= Beginning of Section =
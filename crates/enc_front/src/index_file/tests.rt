use super::*;
use crate::testing::same;
use std::process::Abort;
use std::test::Fail;

// The text of an index file, and its pairs.
type PairsRow = (&'static [u8], &'static [(u32, u32)]);

const PAIRS: [PairsRow; 5] = [
    (b"\r\n# a comment\n#", &[]),
    (b"1\t0x4E00\r", &[(1, 0x4E00)]),
    (b"3\t0x4E00\tanything \xff\t#\n", &[(3, 0x4E00)]),
    (
        b"0\t0xabcdef\n0\t0xABCDEF",
        &[(0, 0xAB_CDEF), (0, 0xAB_CDEF)],
    ),
    (
        b"999999999\t0x12345\n\n 007\t0x20000",
        &[(999_999_999, 0x1_2345), (7, 0x2_0000)],
    ),
];

fn check_pairs(
    rt: &impl Abort,
    alloc: Global,
    text: &[u8],
    want: &[(u32, u32)],
) -> Result<(), Fail> {
    let pairs = read_index(alloc, text).ok().ok_or("no pairs")?;
    same(rt, &pairs.as_slice(), &want, &text);
    Ok(())
}

#[test]
fn reads_pairs(rt: HostRuntime) -> Result<(), Fail> {
    for row in &PAIRS {
        let (text, want) = *row;
        check_pairs(&rt, rt.alloc(), text, want)?;
    }
    Ok(())
}

// The text of an index file, and its first bad line.
type BadRow = (&'static [u8], usize);

const BAD: [BadRow; 12] = [
    (b"  3\t0x4E00\nx", 2),
    (b"\r\n\n#\n3\t0x4E00\nx\ny", 5),
    (b"3\t0x4E00\r\r\n", 1),
    (b" #", 1),
    (b"\t3\t0x4E00", 1),
    (b"3\t0x", 1),
    (b"-3\t0x4E00", 1),
    (b"3\t\t0x4E00", 1),
    (b"3\t0X4E00", 1),
    (b"1234567890\t0x4E00", 1),
    (b"3\t0x4E0", 1),
    (b"3\t0x4E0G", 1),
];

fn check_line(rt: &impl Abort, alloc: Global, text: &[u8], line: usize) {
    let fault = read_index(alloc, text).err();
    same(rt, &fault, &Some(IndexError::BadLine(line)), &text);
}

#[test]
fn counts_lines_to_the_first_bad_one(rt: HostRuntime) {
    for row in &BAD {
        let (text, line) = *row;
        check_line(&rt, rt.alloc(), text, line);
    }
}

fn check_text(rt: &impl Abort, alloc: Global, error: &IndexError, want: &str) -> Result<(), Fail> {
    let text = format!(in alloc; "{error}")?;
    same(rt, &text.as_str(), &want, &want);
    Ok(())
}

#[test]
fn shows_faults(rt: HostRuntime) -> Result<(), Fail> {
    let line = "line 7 is no pair of a place and a scalar value";
    check_text(&rt, rt.alloc(), &IndexError::BadLine(7), line)?;
    check_text(&rt, rt.alloc(), &IndexError::Memory, "no memory")
}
= End of Section =
WHAT TO WORK ON => Give the number of lines above that include "PairsRow". Write nothing else.

OUTPUT FOR THIS EXERCISE => 2